2010
 May 
12 

Aiki Garden

The Founder Gardening

The Founder Gardening

On a cool and damp May day the young students of Roshinkan Dojo applied their ki to the planting of a  vegetable garden at a house for veterans undergoing treatment at the local VA hospital.

The week preceding the great planting affair we spoke with our students about the connection between Aikido and gardening. How earth, water, and sun blend to grow the seed into a life giving plant.  How the plant contributes to the ever flowing breath of life exchanging co2 for oxygen.  How a plant is centered, rooted deep in the ground while extending for the warmth of the sun, all the time remaining relaxed to bend with the wind and keeping its weight underside so as not to topple over. How we must care for our plants just as we must care for our training partner if they, we, are to grow.

Yes to truly understand Aikido we must in some way touch the very nature of our being.  Feel the universal ki that flows throughout the natural world.  Get our hands dirty with earth, taste the freshness of a cool mountain stream, feel the ocean’s breath on our cheek.

I lived for a while in the big city.  After a couple of years I felt out of touch.  Something was amiss.  I came to the realisation that for those two years I had not walked barefoot in grass.  I had not layed down on the earth and looked to the skies.  For those two years I had walked only on concrete and asphalt.  Never seen the sky that was not cluttered with the skyscrapers that surrounded me.  The air I was breathing was conditioned by hvac systems.  I needed to get out.
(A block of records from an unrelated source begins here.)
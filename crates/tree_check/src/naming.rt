//! Names into numbers: each name is defined once, and each name that is used is defined.
ghost use Rattle.std.specs.Prelude.{◌≡◌, ◌++◌, ◌∷◌, [], true, false, IfOk, IfErr, OnOk, IsTrue};
ghost use Rattle.tree_check.specs.Said.{names, definition_in};
ghost use Rattle.tree_check.specs.Marked.{placed_list};
ghost use Rattle.tree_check.specs.Classes.{first, repeats};
ghost use Rattle.fault_words.specs.Names.{all_differ};
ghost use Rattle.tree_check.specs.Naming.{Adds, name_list, names_of};
ghost use Rattle.tree_check.specs.Found.{IsFoundAs};

use crate::{CheckCode, CheckFault};
use fault_words::{Name, Place};
use galileo_tree::{Placed, Statement};
use name_index::NameIndex;
use std::alloc::{AllocError, Global};

/// What names stand for.
#[derive(Clone, Copy)]
pub(crate) enum Named {
    BasicEvents,
    Gates,
}

/// The name that a statement defines, where it stands for such.
fn name_of(statement: &Statement, named: Named) -> Option<&Name>
    ensures { names_of named (statement.now ∷ []) ≡ name_list result }
{
    match (named, statement) {
        (Named::BasicEvents, Statement::Basic(basic)) => Some(&basic.name.name),
        (Named::Gates, Statement::Gate(gate)) => Some(&gate.name.name),
        _ => None,
    }
}

/// Adds a name, where there is one, and says whether it was new.
fn add<'a>(index: &mut NameIndex<'a>, name: Option<&'a Name>) -> Result<bool, AllocError>
    ensures { IfOk result (λ fresh. Adds name.entry fresh index.old index.new) }
{
    match name {
        Some(name) => index.insert(name),
        None => Ok(true),
    }
}

/// Adds the names that stand for such, and says whether they all were new.
fn add_all<'a>(
    index: &mut NameIndex<'a>,
    statements: &'a [Statement],
    named: Named,
) -> Result<bool, AllocError>
    requires { all_differ index.old ≡ true }
    ensures fresh { IfOk result (λ fresh. IsTrue fresh → index.new ≡ index.old ++ names_of named statements.now) }
    ensures differ { IfOk result (λ fresh. fresh ≡ all_differ (index.old ++ names_of named statements.now)) }
{
    for statement in statements {
        if !add(index, name_of(statement, named))? {
            return Ok(false);
        }
    }
    Ok(true)
}

/// Adds the names of a text, and says whether they all were new.
fn add_names<'a>(index: &mut NameIndex<'a>, statements: &'a [Statement]) -> Result<bool, AllocError>
    requires { index.old ≡ [] }
    ensures fresh { IfOk result (λ fresh. IsTrue fresh → index.new ≡ names statements.now) }
    ensures differ { IfOk result (λ fresh. fresh ≡ all_differ (names statements.now)) }
{
    if !add_all(index, statements, Named::BasicEvents)? {
        return Ok(false);
    }
    add_all(index, statements, Named::Gates)
}

/// The name that a statement defines.
pub(crate) fn definition(statement: &Statement) -> Option<&Placed>
    ensures { definition_in statement.now ≡ placed_list result }
{
    match statement {
        Statement::Top(_) => None,
        Statement::Gate(gate) => Some(&gate.name),
        Statement::Basic(basic) => Some(&basic.name),
    }
}

/// The first definition of a name that an earlier one defines, by an index that has no name yet.
fn repeat_in<'a>(
    index: &mut NameIndex<'a>,
    statements: &'a [Statement],
) -> Result<Option<Place>, AllocError>
    requires { index.old ≡ [] }
    ensures { IfOk result (λ found. found ≡ first (repeats statements.now)) }
{
    for statement in statements {
        if let Some(definition) = definition(statement) {
            if !index.insert(&definition.name)? {
                return Ok(Some(definition.place));
            }
        }
    }
    Ok(None)
}

/// The first definition of a name that an earlier one defines.
fn repeat(alloc: Global, statements: &[Statement]) -> Result<Option<Place>, AllocError>
    ensures { IfOk result (λ found. found ≡ first (repeats statements.now)) }
{
    let mut index = NameIndex::with_room(alloc, statements.len())?;
    let found = repeat_in(&mut index, statements);
    drop(index);
    found
}

/// The fault of a text in which some name is defined twice.
fn repetition(alloc: Global, statements: &[Statement]) -> Result<CheckFault, AllocError>
    requires { all_differ (names statements.now) ≡ false }
    ensures { IfOk result (IsFoundAs CheckCode.DuplicateName (repeats statements.now)) }
{
    match repeat(alloc, statements)? {
        Some(place) => Ok(CheckFault::Fault(CheckCode::DuplicateName, place)),
        None => unreachable!(),
    }
}

/// The index of the names, each of which is defined once.
pub(crate) fn name_all<'a>(
    alloc: Global,
    statements: &'a [Statement],
) -> Result<NameIndex<'a>, CheckFault>
    ensures names { IfOk result (λ index. index ≡ names statements.now) }
    ensures differ { OnOk result (all_differ (names statements.now) ≡ true) }
    ensures fault { IfErr result (IsFoundAs CheckCode.DuplicateName (repeats statements.now)) }
{
    let mut index = NameIndex::with_room(alloc, statements.len())?;
    let added = add_names(&mut index, statements);
    if let Ok(true) = added {
        return Ok(index);
    }
    drop(index);
    added?;
    Err(repetition(alloc, statements)?)
}
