//! A pace for the tests of workers: it holds each of two pieces of work until the other was begun.
//!
//! It stands on `edge_io` for `Pace`. Where two workers are at work at once, both pieces begin, and neither is held for
//! long; where one worker does all, the first piece is held in vain, and the pace tells so.
#![tactic(auto)]

use edge_io::Pace;
use std::sync::atomic::{AtomicU64, Ordering};

// How often a held worker looks for the other.
const MOST_LOOKS: u64 = 50_000_000;

/// A piece of work, as a worker tells it: its group, and its place in it.
#[derive(Clone, Copy, PartialEq, Eq)]
pub struct Piece {
    pub group: u32,
    pub place: u32,
}

/// Holds two pieces of work, each until the other was begun.
#[derive(Drop)]
pub struct Meeting {
    one: Piece,
    two: Piece,
    one_begun: AtomicU64,
    two_begun: AtomicU64,
    in_vain: AtomicU64,
}

impl Meeting {
    /// Two pieces that are still to begin.
    pub fn of(one: Piece, two: Piece) -> Meeting {
        Meeting {
            one,
            two,
            one_begun: AtomicU64::new(0),
            two_begun: AtomicU64::new(0),
            in_vain: AtomicU64::new(0),
        }
    }

    /// Whether both pieces began, and neither was held until the other was over.
    pub fn was_held(&self) -> bool {
        self.one_begun.load(Ordering::SeqCst) != 0
            && self.two_begun.load(Ordering::SeqCst) != 0
            && self.in_vain.load(Ordering::SeqCst) == 0
    }

    // Waits until the other piece has begun, but not for ever.
    fn hold(&self, own: &AtomicU64, other: &AtomicU64) {
        own.store(1, Ordering::SeqCst);
        for _ in 0..MOST_LOOKS {
            if other.load(Ordering::SeqCst) != 0 {
                return;
            }
        }
        self.in_vain.store(1, Ordering::SeqCst);
    }
}

impl Pace for Meeting {
    fn before(&self, group: u32, place: u32) {
        let piece = Piece { group, place };
        if piece == self.one {
            self.hold(&self.one_begun, &self.two_begun);
        } else if piece == self.two {
            self.hold(&self.two_begun, &self.one_begun);
        }
    }

    fn after(&self, _group: u32, _place: u32) {}
}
Regaining my health and sanity came with spending time in the mountains and ocean front, laying in a meadow of grass and flowers, walking on grassy slopes and sandy beaches, feeling the ocean breeze on my face along with the stinging of rain.  Refreshed and recharged I returned to a feeling of connection.  Even more so now that I realised what it meant to not have this.

Not long after I lived on a sailboat for a few years.  Never before had my senses been so alive.  My life and the survival of my boat were contingent upon my awareness of the winds, currents, tides, water, and earth that were always a part of my consciousness.  I began to feel the universal ki running through my life.

It is important that we do not separate ourselves from the earth we live on.  My brother is found of saying that we are “just critters on this planet”.  Insulating ourselves from the universe is a path to disaster.  Take your shoes off and bury your toes in grass and earth.  Get your fingers dirty in the soil, feel the rain and wind on your cheek.  Plant a garden and rejoice in caring for the plants that feed us.